Online Coupled Generalized Multiscale Finite Element Method for the Poroelasticity Problem in Fractured and Heterogeneous Media

• Main Authors: Aleksei Tyrylgin, Maria Vasilyeva, Dmitry Ammosov, Eric T. Chung, Yalchin Efendiev
• Format: Article
• Language: English
• Published: MDPI AG 2021-08-01
• Series: Fluids
• Subjects: multiscale method; GMsFEM; poroelasticity problem; finite element method; heterogeneous media; fractured media
• Online Access: https://www.mdpi.com/2311-5521/6/8/298

In this paper, we consider the poroelasticity problem in fractured and heterogeneous media. The mathematical model contains a coupled system of equations for fluid pressures and displacements in heterogeneous media. Due to scale disparity, many approaches have been developed for solving detailed fine-grid problems on a coarse grid. However, some approaches can lack good accuracy on a coarse grid and some corrections for coarse-grid solutions are needed. In this paper, we present a coarse-grid approximation based on the generalized multiscale finite element method (GMsFEM). We present the construction of the offline and online multiscale basis functions.

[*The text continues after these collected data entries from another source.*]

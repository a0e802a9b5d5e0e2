// What is declared in a source, in the work area: rows of eight numbers, one row for each eight bytes of the source. The chains are trees, whose branches go
// by the bits of what is declared. Of a row, number 0 is its link to the left, number 1 the head of the chain with the row's number, number 2 its link to the
// right, times 64, with its tag: the kind of what is declared in those bytes, and the last four bits of its mark (Rattle.work_subjects); 3 to 7 are the five numbers of
// crate work_rows. A head or a link is 0, or one more than a row. The numbers of what is declared are kept in its row, or in the row before. Behind the rows nothing is touched.
#![tactic(auto)]

ghost use Rattle.std.specs.Prelude.{◌≡◌, ◌+◌, ◌-◌, ◌*◌, ◌/◌, ◌%◌, ◌^◌, ◌≤◌, ◌<◌, ◌&&◌, length, get_or, set, replicate, eqb};
ghost use Rattle.work_subjects.specs.Keys.{key_at};
ghost use Rattle.work_subjects.specs.Numbers.{kind_number, width_of};
ghost use Rattle.work_store.specs.Store.{heads_of, undefined_mark, side_of, pointed, pointing, tag_in, tag_of, keeps, RunIs, Roomy, Sound, Finds, SomeSought, FindsAny, WayEnds, Written, Kept, Declares};

use text_lines::Source;
use work_subjects::{Kind, key_numbers};

// The mark of UNDEFINED, whose row is the one behind those of a source of this length.
pub fn undefined_mark(len: usize) -> usize
    requires { len ≤ 1048576 }
    ensures { result ≡ undefined_mark len }
{
    16 * (len / 8 + 1)
}

// Nothing is declared, and nothing else is left in the area.
pub fn clear(work: &mut [u32])
    ensures { work.new ≡ replicate (length work.old) 0 }
{
    work.fill(0);
}

// The chain of a hash.
fn chain(hash: usize, len: usize) -> usize
    ensures { (result ≡ hash % heads_of len) × (8 * result ≤ len) }
{
    hash % (len / 8 + 1)
}

// What a slot leads to, as the lent area keeps it: 0 for nowhere, else one more than a row. A number and no Option, since `point` stores the same number.
fn linked(work: &[u32], slot: usize) -> usize
    requires { slot < length work.now }
    ensures { result ≡ pointed work.now slot }
{
    let x = work[slot] as usize;
    if slot % 8 == 2 { x / 64 } else { x }
}

// The tag of a row.
fn tag_in(work: &[u32], row: usize) -> u32
    requires { 8 * row + 2 < length work.now }
    ensures { (result ≡ tag_in work.now row) × (result < 64) }
{
    work[8 * row + 2] % 64
}

// The tag of a mark whose key is of a kind.
fn tag_of(kind: Kind, v: usize) -> u32
    ensures { result ≡ tag_of (kind_number kind) v }
{
    16 * kind.number() + (v % 16) as u32
}

// The mark in a row with a tag.
fn mark_of(row: usize, tag: u32) -> usize
    requires { row ≤ 1048576 }
    ensures { result ≡ 16 * row + tag % 16 }
{
    16 * row + (tag % 16) as usize
}

// The side on which the way of a key of these numbers goes on at a depth.
fn side_at(key: &[u32], depth: usize) -> usize
    requires { length key.now ≡ 8 }
    ensures { (result ≡ side_of (get_or key.now (depth / 32) 0 / 2 ^ (depth % 32) % 2)) × (result ≤ 2) }
{
    let i = depth / 32;
    if i < 8 {
        let x = key[i] >> (depth % 32);
        if x % 2 == 0 { 0 } else { 2 }
    } else {
        0
    }
}

// Whether the numbers of a key from one on up to another stand at a place of the area, number i at place at + i.
fn same_run(work: &[u32], at: usize, key: &[u32], from: usize, to: usize) -> bool
    requires { (from ≤ to) × (to ≤ 7) × (at + 7 ≤ length work.now) × (length key.now ≡ 8) }
    ensures { RunIs work.now at key.now from to result }
{
    for i in from..to {
        if work[at + i] != key[i] {
            return false;
        }
    }
    true
}

// Whether the numbers that are kept for a row of this kind are those of a key.
fn same_kept(work: &[u32], kind: Kind, row: usize, key: &[u32]) -> bool
    requires { (row ≤ 1048576) × (8 * row + 10 ≤ length work.now) × (length key.now ≡ 8) }
    ensures { result ≡ keeps work.now (kind_number kind) row key.now (width_of (kind_number kind)) }
{
    match kind {
        Kind::Name => {
            let before = 8 * row.saturating_sub(1);
            work[before] == key[0] && same_run(work, before + 1, key, 1, 7)
        }
        Kind::Character => same_run(work, 8 * row + 3, key, 0, 1),
        Kind::Chars => same_run(work, 8 * row + 3, key, 0, 4),
    }
}

// Whether what is declared in the row with this tag is the key of that kind and those numbers.
fn same_key(work: &[u32], tag: u32, kind: Kind, row: usize, key: &[u32]) -> bool
    requires { (row ≤ 1048576) × (8 * row + 10 ≤ length work.now) × (length key.now ≡ 8) }
    ensures { result ≡ (eqb (tag / 16) (kind_number kind) && keeps work.now (kind_number kind) row key.now (width_of (kind_number kind))) }
{
    tag / 16 == kind.number() && same_kept(work, kind, row, key)
}

// The mark of what was declared with the key of this kind and these numbers, on the way that begins at the head h. At most 259 rows are read, whatever the source
// declares (DepthLaws), and nothing of the source.
fn find_from(work: &[u32], kind: Kind, key: &[u32], h: usize) -> Option<usize>
    requires some_sought { SomeSought work.now key.now (kind_number kind) h }
    requires h_in_bounds { 8 * h + 1 < length work.now }
    ensures { FindsAny work.now key.now (kind_number kind) h result }
{
    let mut l = linked(work, 8 * h + 1);
    let mut depth: usize = 0;
    while 0 < l {
        let row = l - 1;
        let tag = tag_in(work, row);
        if same_key(work, tag, kind, row, key) {
            return Some(mark_of(row, tag));
        }
        l = linked(work, 8 * row + side_at(key, depth));
        depth += 1;
    }
    None
}

// The mark of what was declared with the same key as stands at a mark.
pub fn find(src: Source, work: &[u32], v: usize) -> Option<usize>
    requires v_in_bounds { v / 2 ≤ length src.bytes.now }
    requires sound { Sound (key_at src.signs src.bytes.now) (length src.bytes.now) work.now }
    ensures { Finds (key_at src.entry.signs src.entry.bytes.now) (length src.entry.bytes.now) work.now (key_at src.entry.signs src.entry.bytes.now v) result }
{
    let mut key: [u32; 8] = [0; 8];
    let k = key_numbers(src, v, &mut key);
    if k.plain {
        find_from(work, k.kind, &key, chain(k.hash, src.bytes.len()))
    } else {
        None
    }
}

// The slot where the way that begins at the head h ends, for a key of these numbers. There are as many heads as rows; in an area that holds no list the way is
// not followed out of the rows.
fn way_end(heads: usize, work: &[u32], h: usize, key: &[u32]) -> usize
    requires { (8 * heads + 8 ≤ length work.now) × (h < heads) × (heads ≤ 1048576) × (length key.now ≡ 8) }
    ensures { WayEnds heads work.now h key.now result }
{
    let mut slot = 8 * h + 1;
    let mut depth: usize = 0;
    while depth < heads {
        let l = linked(work, slot);
        if l == 0 || heads < l {
            return slot;
        }
        slot = 8 * (l - 1) + side_at(key, depth);
        depth += 1;
    }
    slot
}

// A slot leads to x from now on.
fn point(work: &mut [u32], slot: usize, x: usize)
    requires { (slot < length work.old) × (x ≤ 1048576) }
    ensures { work.new ≡ pointing work.old slot x }
{
    if slot % 8 == 2 {
        work[slot] = 64 * (x as u32) + work[slot] % 64;
    } else {
        work[slot] = x as u32;
    }
}

// A new row: its links lead nowhere, and it has its tag.
fn new_row(work: &mut [u32], row: usize, tag: u32)
    requires { 8 * row + 3 ≤ length work.old }
    ensures { work.new ≡ set (set work.old (8 * row) 0) (8 * row + 2) tag }
{
    work[8 * row] = 0;
    work[8 * row + 2] = tag;
}

// The numbers of a key from one on up to another are written, number i at place at + i.
fn put_run(work: &mut [u32], at: usize, key: &[u32], from: usize, to: usize)
    requires { (from ≤ to) × (to ≤ 7) × (at + 7 ≤ length work.old) × (length key.now ≡ 8) }
    ensures { Written work.old at key.now from to work.new }
{
    for i in from..to {
        work[at + i] = key[i];
    }
}

// The numbers of a key of a kind are kept for a row.
fn keep_key(work: &mut [u32], kind: Kind, row: usize, key: &[u32])
    requires { (row ≤ 1048576) × (8 * row + 10 ≤ length work.old) × (length key.now ≡ 8) }
    ensures { Kept work.old (kind_number kind) row key.now work.new }
{
    match kind {
        Kind::Name => {
            let before = 8 * row.saturating_sub(1);
            put_run(work, before + 1, key, 1, 7);
            work[before] = key[0];
        }
        Kind::Character => put_run(work, 8 * row + 3, key, 0, 1),
        Kind::Chars => put_run(work, 8 * row + 3, key, 0, 4),
    }
}

// Declares what stands at a mark, in a later row than all that is declared so far; the row before that of a name is later too.
pub fn declare(src: Source, work: &mut [u32], v: usize)
    requires v_in_bounds { v / 2 ≤ length src.bytes.now }
    requires roomy { Roomy (length src.bytes.now) work.old }
    ensures { Declares (key_at src.entry.signs src.entry.bytes.now) (length src.entry.bytes.now) work.old v work.new }
{
    let mut key: [u32; 8] = [0; 8];
    let k = key_numbers(src, v, &mut key);
    let h = chain(k.hash, src.bytes.len());
    let slot = way_end(src.bytes.len() / 8 + 1, work, h, &key);
    let row = v / 16;
    keep_key(work, k.kind, row, &key);
    new_row(work, row, tag_of(k.kind, v));
    point(work, slot, row + 1);
}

The offline multiscale basis functions are precomputed for the given heterogeneity and fracture network geometry, where for the construction, we solve a local spectral problem and use the dominant eigenvectors (appropriately defined) to construct multiscale basis functions. To construct the online basis functions, we use current information about the local residual and solve coupled poroelasticity problems in local domains. The online basis functions are used to enrich the offline multiscale space and rapidly reduce the error using residual information. Only with appropriate offline coarse-grid spaces can one guarantee a fast convergence of online methods. We present numerical results for poroelasticity problems in fractured and heterogeneous media. We investigate the influence of the number of offline and online basis functions on the relative errors between the multiscale solution and the reference (fine-scale) solution.